- Self-portrait by Elizabeth Nottingham
- Born: November 29, 1907 Salisbury
- Died: April 2, 1956 (aged 48) Staunton
- Alma mater: Art Students League of New York ;
- Occupation: Painter, artist
- Employer: Mary Baldwin University ;
- Spouse(s): Horace Day

= Elizabeth Nottingham =

American painter (1907–1956)

Mary Elizabeth Nottingham Day (November 29, 1907 – ) was a painter under the professional name Elizabeth Nottingham. She was primarily known for her work depicting the landscape of Virginia. With her husband, painter Horace Day, she co-directed the art department of Mary Baldwin College in Staunton, Virginia from 1941 to 1956.

==Life and career==
Mary Elizabeth Nottingham was born on November 29, 1907, in Salisbury, North Carolina, and grew up in Culpeper, Virginia, a place she often depicted in her later work. She graduated from Randolph-Macon Woman's College in Lynchburg, Virginia in 1928.

Nottingham attended the Art Students League of New York for three years, studying under George Bridgman, Kenneth Hayes Miller, Kimon Nicolaïdes, and John Sloan. She studied in Europe thanks to a Tiffany Foundation Fellowship (1930) and an Edward McDowell Traveling Fellowship (1931). In 1933, she returned to Virginia.

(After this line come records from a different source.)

// The switches of a target.
ghost use Rattle.std.specs.Prelude.{◌≡◌, ◌<◌};
ghost use Rattle.common.specs.Bytes.{bit};
ghost use Rattle.device.specs.Ring.{gate_of, opens};
ghost use Rattle.gate.specs.PassedGate.{passed_gate};

use device::{Entry, Gate, Peer};

// Bit k of a word is 1.
fn bit(word: u32, k: u32) -> bool
    requires { k < 32 }
    ensures { result ≡ bit k word }
{
    (word >> k) % 2 == 1
}

#[tactic(auto, unfolding(device::specs::Ring::gate_of))]
pub fn gate_of(p: Peer, e: Entry) -> Gate
    ensures { result ≡ gate_of p e }
{
    Gate {
        master: bit(p.command, 2),
        enabled: bit(p.message, 7),
        masked: bit(p.message, 6),
        silenced: bit(e.control, 0),
        interrupt: bit(p.interrupt, 0),
        oneshot: bit(p.privileged, 0),
    }
}

// Every switch is on: a ring is delivered.
pub fn opens(g: Gate) -> bool
    ensures { result ≡ opens g }
{
    (g.enabled & !g.masked) & (g.interrupt & !g.silenced) & g.master
}

// The gate after a ring: one that is delivered in one-shot mode clears the interrupt.
pub fn passed_gate(g: Gate) -> Gate
    ensures { result ≡ passed_gate g }
{
    let clear = opens(g) & g.oneshot;
    Gate {
        interrupt: g.interrupt & !clear,
        ..g
    }
}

1934 was an important year for Nottingham's art career. She had her first one-woman show at the Richmond Academy of Arts. Her painting Culpeper Street, a watercolor depiction of Davis street in Culpeper, was purchased by Eleanor Roosevelt for display in the White House. Nottingham was hired by the Public Works of Art Project to create two historical panels for John Handley High School in Winchester, Virginia and 28 watercolor landscapes of Virginia.

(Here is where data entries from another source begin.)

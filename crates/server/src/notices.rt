// Messages for each client that is joined, ids ascending.
ghost use Rattle.std.specs.Prelude.{◌≡◌, ◌<◌};
ghost use Rattle.reader.specs.Sizes.{ids};
ghost use Rattle.server.specs.Clients.{joined_at, clients};
ghost use Rattle.server.specs.Parts.{notice_times, notice_to, notices_bytes};

use super::clients::Clients;
use super::messages::{Message, Said, Writer};

// What is said of one client and each of the others.
#[derive(Clone, Copy)]
pub enum Notice {
    // the joiner is told each other client's vectors
    ToJoiner(u8, usize),
    // each other client is told the joiner's vectors
    OfJoiner(u8, usize),
    // each other client is told that this one has left
    OfLeaver(u8),
}

impl Notice {
    // How many times each message comes: once for each vector.
    #[tactic(auto, unfolding(crate::specs::Parts::notice_times))]
    fn times(self) -> usize
        ensures { result ≡ notice_times self }
    {
        match self {
            Notice::ToJoiner(_, vectors) | Notice::OfJoiner(_, vectors) => vectors,
            Notice::OfLeaver(_) => 1,
        }
    }

    #[tactic(auto, unfolding(crate::specs::Parts::notice_to))]
    fn message(self, other: u8) -> Message
        ensures { result ≡ notice_to self other }
    {
        match self {
            Notice::ToJoiner(joiner, _) => Message {
                client: joiner,
                said: Said::Vector(other),
            },
            Notice::OfJoiner(joiner, _) => Message {
                client: other,
                said: Said::Vector(joiner),
            },
            Notice::OfLeaver(leaver) => Message {
                client: other,
                said: Said::Gone(leaver),
            },
        }
    }
}

impl Writer<'_> {
    ghost use Rattle.server.specs.Parts.{HasRoom, Writes};

    // The messages for one client, if it is joined.
    fn put_notice(&mut self, joined: Clients, notice: Notice, client: u64)
        requires id { client < ids }
        requires room { HasRoom self.old (notices_bytes notice (joined_at joined.0 client)) }
        ensures { Writes self.old self.new (notices_bytes notice (joined_at joined.0 client)) }
    {
        if joined.contains(client) {
            self.put_times(notice.message(client as u8), notice.times());
        }
    }

    // The messages for each client, up to the last one that is joined.
    pub fn put_notices(&mut self, joined: Clients, notice: Notice)
        requires { HasRoom self.old (notices_bytes notice (clients joined.0)) }
        ensures { Writes self.old self.new (notices_bytes notice (clients joined.0)) }
    {
        for client in 0..joined.end() {
            self.put_notice(joined, notice, client);
        }
    }
}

She became director of the Federal Art Project galleries at Big Stone Gap, Virginia and Lynchburg, Virginia in 1936. She later served as assistant state art supervisor for the Works Progress Administration in Virginia.

She married painter Horace Day in 1941 and they became co-directors of the art department at Mary Baldwin College, a responsibility they shared until her death in 1956. She was president of the Virginia Art Alliance and served on the Virginia State Art Commission from 1950 to 1956.

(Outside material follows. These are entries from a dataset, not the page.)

//! Copies into the pipe.
ghost use Rattle.std.specs.Prelude.{◌≡◌, ◌<◌, ◌≤◌, ◌⊎◌, length, IfOk, IfErr, Ok, false};
ghost use Rattle.futures.specs.Poll.{OnPending};
ghost use Rattle.piper_protocol.specs.Table.{ends, goes_on};
ghost use Rattle.piper_ring.specs.Log.{Comes, found_of, made, next, now};
ghost use Rattle.piper_ring.specs.Looks.{HasRoom};
ghost use Rattle.piper_ring.specs.SlotsView.{IsWriterAtRest, WaitsAsBefore};
ghost use Rattle.piper.specs.Called.{CallsTaken};
ghost use Rattle.piper.specs.CopyAnswers.{OnMemory, CountsFailure, IsAtOnce, of_std, of_bytes};
ghost use Rattle.piper.specs.Fills.{FillRounds, Fills, FoundRoom, OnNoCount, most_of_round};
ghost use Rattle.piper.specs.Like.{Counts, passed};
ghost use Rattle.piper.specs.Runs.{FillRan, WriterRan, copy_answer, writer_looks};

use super::{as_slice_copy, as_std_copy};
use crate::error::{CopyError, PipeResult};
use crate::handles::Writer;
use crate::handles::draws::{WAITING, draw_yield};
use crate::handles::waiting::wake_other;
use crate::like::{ReadBytes, ReadLike, StdRead, StdReader};
use futures::task::{Context, Poll, Waker};
use piper_protocol::answer::Answer;
use piper_protocol::table::{
    Action, AfterWrite, Form, Found, MOST_A_ROUND, Point, Purpose, WritePoint,
};
use piper_ring::{Look, OutOfMemory, WriteSide};

impl Writer {
    ghost use Rattle.piper.specs.Handles.{SameWriter};
    ghost use Rattle.piper.specs.WriterCalls.{FillRest, FillsAtOnce, FillsEnd, FillsLike, FillsSlice, FillsStd, FillsWaiting, WakesReader, WriterTried};

    /// Publishes bytes that a reader of std gives.
    ///
    /// Returns: how many bytes `source` gave. All of them are published, unless this call saw the pipe
    /// closed: then those of its last round are not. 0 says that the pipe is closed, for good, or that
    /// `source` gave none.
    /// Pending: there is no room, and the pipe was not seen closed; or the call yields. `source`
    /// stays as it was.
    /// Errors: `Memory`, for the reason for which `poll` fails; no byte is published. `Io`, with
    /// the error of `source`. The round that failed gave no byte. The bytes of earlier rounds stay
    /// published; the error doesn't say how many.
    /// Wakes: the reader, if it waits and a byte was published.
    pub fn poll_fill<R: StdReader>(
        &mut self,
        cx: &mut Context<'_>,
        source: &mut R,
    ) -> Poll<PipeResult<usize>>
        ensures ran { FillRan (Form.Polling false) (of_std result) self.old self.new }
        ensures filled { FillsStd R.remaining R.fails (of_std result)
            self.old self.new source.old source.new }
        ensures waiting { FillsWaiting (of_std result) self.old self.new cx.old cx.new }
        ensures rest { FillRest (of_std result) self.old self.new }
    {
        let mut source = StdRead::new(source);
        as_std_copy(self.poll_fill_with(cx, &mut source))
    }

    /// Publishes bytes from the front of `bytes`, as many as there is known room for.
    ///
    /// Returns: how many bytes it took. All of them are published, unless this call saw the pipe
    /// closed: then those of its last round are not. 0 says that the pipe is closed, for good, if
    /// there are `bytes`. A count of fewer than all doesn't say that the pipe is full.
    /// Pending: there is no room and the pipe was not seen closed, even if there are no `bytes`; or
    /// the call yields.
    /// Errors: `OutOfMemory`, for the reason for which `poll` fails. No byte is published.
    /// Wakes: the reader, if it waits and a byte was published.
    pub fn poll_fill_bytes(
        &mut self,
        cx: &mut Context<'_>,
        bytes: &[u8],
    ) -> Poll<Result<usize, OutOfMemory>>
        ensures ran { FillRan (Form.Polling false) (of_bytes result) self.old self.new }
        ensures filled { FillsSlice result self.old self.new bytes.now }
        ensures waiting { FillsWaiting (of_bytes result) self.old self.new cx.old cx.new }
        ensures rest { FillRest (of_bytes result) self.old self.new }
    {
        let mut source = ReadBytes { rest: bytes };
        as_slice_copy(self.poll_fill_with(cx, &mut source))
    }

    /// Publishes bytes from the front of `bytes`, as many as there is known room for, and doesn't
    /// wait.
    ///
    /// Returns: how many bytes it took. All of them are published, unless this call saw the pipe
    /// closed: then those of its last round are not. 0 says that there is no room, that there are
    /// no `bytes`, or that the pipe is closed. To tell the close, call `try_fill_with` with bytes:
    /// it is pending if there is no room, and 0 if the pipe is closed.
    /// Wakes: the reader, if it waits and a byte was published.
    pub fn try_fill(&mut self, bytes: &[u8]) -> usize
        ensures ran { WriterRan (writer_looks (Purpose.Copy Form.Try)) (Answer.Count result)
            self.old self.new }
        ensures tried { WriterTried result self.old self.new bytes.now }
    {
        let mut source = ReadBytes { rest: bytes };
        match self.try_fill_with(&mut source) {
            Poll::Ready(Ok(count)) => count,
            Poll::Ready(Err(CopyError::Like(never))) => match never {},
            Poll::Ready(Err(CopyError::Memory)) => unreachable!(),
            Poll::Pending => 0,
        }
    }

    /// Publishes bytes that any source gives, as `poll_fill` does those of a reader of std.
    ///
    /// Returns: how many bytes `source` gave. All of them are published, unless this call saw the pipe
    /// closed: then those of its last round are not. 0 says that the pipe is closed, for good, or that
    /// `source` gave none.
    /// Pending: as `poll_fill`.
    /// Errors: `Memory`, as `poll_fill`. `Like`, with the error of `source`: as `Io` of
    /// `poll_fill`.
    /// Wakes: the reader, if it waits and a byte was published.
    #[inline(always)]
    pub fn poll_fill_with<R: ReadLike>(
        &mut self,
        cx: &mut Context<'_>,
        source: &mut R,
    ) -> Poll<Result<usize, CopyError<R::Error>>>
        ensures ran { FillRan (Form.Polling false) result self.old self.new }
        ensures filled { FillsLike R.gives R.is_dry R.fails R.failures result
            self.old self.new source.old source.new }
        ensures waiting { FillsWaiting result self.old self.new cx.old cx.new }
        ensures rest { FillRest result self.old self.new }
    {
        let outcome = self.fill_waiting(cx, source);
        self.side.unlend();
        outcome
    }

    /// Publishes bytes that any source gives, and doesn't wait: it registers no task and never
    /// yields.
    ///
    /// Returns: how many bytes `source` gave. All of them are published, unless this call saw the pipe
    /// closed: then those of its last round are not. 0 says that the pipe is closed, for good, or that
    /// `source` gave none.
    /// Pending: there is no room, and the pipe was not seen closed. The call registers no task; one
    /// that was registered before stays so.
    /// Errors: `Like`, with the error of `source`: as `Io` of `poll_fill`.
    /// Wakes: the reader, if it waits and a byte was published.
    #[inline(always)]
    pub fn try_fill_with<R: ReadLike>(
        &mut self,
        source: &mut R,
    ) -> Poll<Result<usize, CopyError<R::Error>>>
        ensures ran { FillRan Form.Try result self.old self.new }
        ensures filled { FillsLike R.gives R.is_dry R.fails R.failures result
            self.old self.new source.old source.new }
        ensures at_once { FillsAtOnce result self.old self.new }
        ensures rest { FillRest result self.old self.new }
    {
        let outcome = self.fill_at_once(source);
        self.side.unlend();
        outcome
    }

    // The fill with a context: the look, the draw, and the rounds.
    #[inline(always)]
    fn fill_waiting<R: ReadLike>(
        &mut self,
        cx: &mut Context<'_>,
        source: &mut R,
    ) -> Poll<Result<usize, CopyError<R::Error>>>
        ensures ran { FillRan (Form.Polling false) result self.old self.new }
        ensures filled { Fills R.gives R.is_dry R.fails result
            self.old.side.end self.new.side.end source.old source.new }
        ensures failures { CountsFailure result (R.failures source.old) (R.failures source.new) }
        ensures end { FillsEnd result self.old self.new }
        ensures waiting { FillsWaiting result self.old self.new cx.old cx.new }
        ensures woken { WakesReader self.old self.new }
        ensures same { (self.new.side.cells ≡ self.old.side.cells)
            × (self.new.source ≡ self.old.source) }
    {
        match self.side.look_first(Purpose::Copy(WAITING)) {
            Look::Ready => {}
            Look::Closed => return Poll::Ready(Ok(0)),
            Look::NotReady => match Writer::look_waiting(
                &mut self.side,
                &self.source,
                Purpose::Copy(WAITING),
                cx,
            ) {
                Ok(Look::Ready) => {}
                Ok(Look::Closed) => return Poll::Ready(Ok(0)),
                Ok(Look::NotReady) => return Poll::Pending,
                Err(OutOfMemory) => return Poll::Ready(Err(CopyError::Memory)),
            },
        }
        if draw_yield(&mut self.side, &mut self.rng, cx) {
            return Poll::Pending;
        }
        fill_rounds(&mut self.side, WAITING, source)
    }

    // The fill without a context: the look, and the rounds.
    #[inline(always)]
    fn fill_at_once<R: ReadLike>(
        &mut self,
        source: &mut R,
    ) -> Poll<Result<usize, CopyError<R::Error>>>
        ensures ran { FillRan Form.Try result self.old self.new }
        ensures filled { Fills R.gives R.is_dry R.fails result
            self.old.side.end self.new.side.end source.old source.new }
        ensures failures { CountsFailure result (R.failures source.old) (R.failures source.new) }
        ensures end { FillsEnd result self.old self.new }
        ensures waits { OnPending result (self.new.side.end.room ≡ 0) }
        ensures granted { OnMemory result ⊥ }
        ensures rest { WakesReader self.old self.new
            × SameWriter WaitsAsBefore self.old self.new }
    {
        match self.side.look_now(Purpose::Copy(Form::Try)) {
            Look::Ready => fill_rounds(&mut self.side, Form::Try, source),
            Look::Closed => Poll::Ready(Ok(0)),
            Look::NotReady => Poll::Pending,
        }
    }
}

// Publishes what the source gives in rounds, each in one piece, until there is no room, it
// gives none, or the pipe is seen closed.
#[inline(always)]
fn fill_rounds<R: ReadLike>(
    side: &mut WriteSide<Waker>,
    form: Form,
    source: &mut R,
) -> Poll<Result<usize, CopyError<R::Error>>>
    requires at { now side.old.log ≡ goes_on (Point.Writer (WritePoint.CallSource form 0)) }
    requires is_open { (side.old.end.shut ≡ false) × (side.old.end.saw ≡ false) }
    requires some { HasRoom side.old.end }
    ensures ran { Comes (ends (Point.Writer WritePoint.Idle) (copy_answer form result))
        side.old.log side.new.log }
    ensures filled { FillRounds R.gives R.is_dry R.fails result
        side.old.end side.new.end source.old source.new }
    ensures failures { CountsFailure result (R.failures source.old) (R.failures source.new) }
    ensures open { OnNoCount result (side.new.end.saw ≡ false) }
    ensures found { FoundRoom result side.new.end }
    ensures ready { IsAtOnce result }
    ensures called { CallsTaken side.old.slots side.new.slots }
    ensures notifies { IsWriterAtRest side.old.end side.old.slots →
        IsWriterAtRest side.new.end side.new.slots }
    ensures rest { WaitsAsBefore side.old.slots side.new.slots
        × (side.new.cells ≡ side.old.cells) }
{
    let mut moved = 0;
    'rounds: loop {
        let asks = source.asks();
        if asks == 0 {
            side.note(Action::CallSource, Found::Moved(0));
            return Poll::Ready(Ok(moved));
        }
        let n = match fill_round(side, asks, source) {
            Ok(n) => n,
            Err(error) => return Poll::Ready(Err(CopyError::Like(error))),
        };
        if n == 0 {
            return Poll::Ready(Ok(moved));
        }
        moved += n;
        if side.load_closed() {
            return Poll::Ready(Ok(moved));
        }
        side.store_tail(n);
        wake_other(side);
    }
}

// One call of the source, on room that is lent to it in one piece, no more than it asks for.
#[inline(always)]
fn fill_round<R: ReadLike>(
    side: &mut WriteSide<Waker>,
    asks: usize,
    source: &mut R,
) -> Result<usize, R::Error>
    requires turn { next side.old.log ≡ Action.CallSource }
    requires is_open { side.old.end.shut ≡ false }
    requires some { 0 < asks }
    ensures log { side.new.log ≡ made (found_of result) side.old.log }
    ensures bound { IfOk result (λ n. n ≤ length side.new.end.lent) }
    ensures most { IfOk result (λ n. n ≤ most_of_round side.new.end) }
    ensures bytes { R.gives source.old (passed result side.new.end.lent) source.new }
    ensures dry { result ≡ Ok 0 → (side.new.end.room ≡ 0) ⊎ R.is_dry source.new }
    ensures error { IfErr result (λ e. R.fails source.old e source.new) }
    ensures failures { Counts result (R.failures source.old) (R.failures source.new) }
    ensures end { side.new.end
        ≡ record side.old.end { lent = side.new.end.lent } }
    ensures rest { (side.new.slots ≡ side.old.slots) × (side.new.cells ≡ side.old.cells) }
{
    let moved = source.read(side.write_buf(asks.min(MOST_A_ROUND)));
    side.note_given(&moved);
    moved
}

Mary Elizabeth Nottingham Day died on April 2, 1956, at the age of 48, at Kings' Daughter's Hospital in Staunton, Virginia.

In 2016, the Library of Virginia added her name to their list of Virginia Women in History. In 2018 the Virginia Capitol Foundation announced that Nottingham's name would be included on the Virginia Women's Monument's glass Wall of Honor.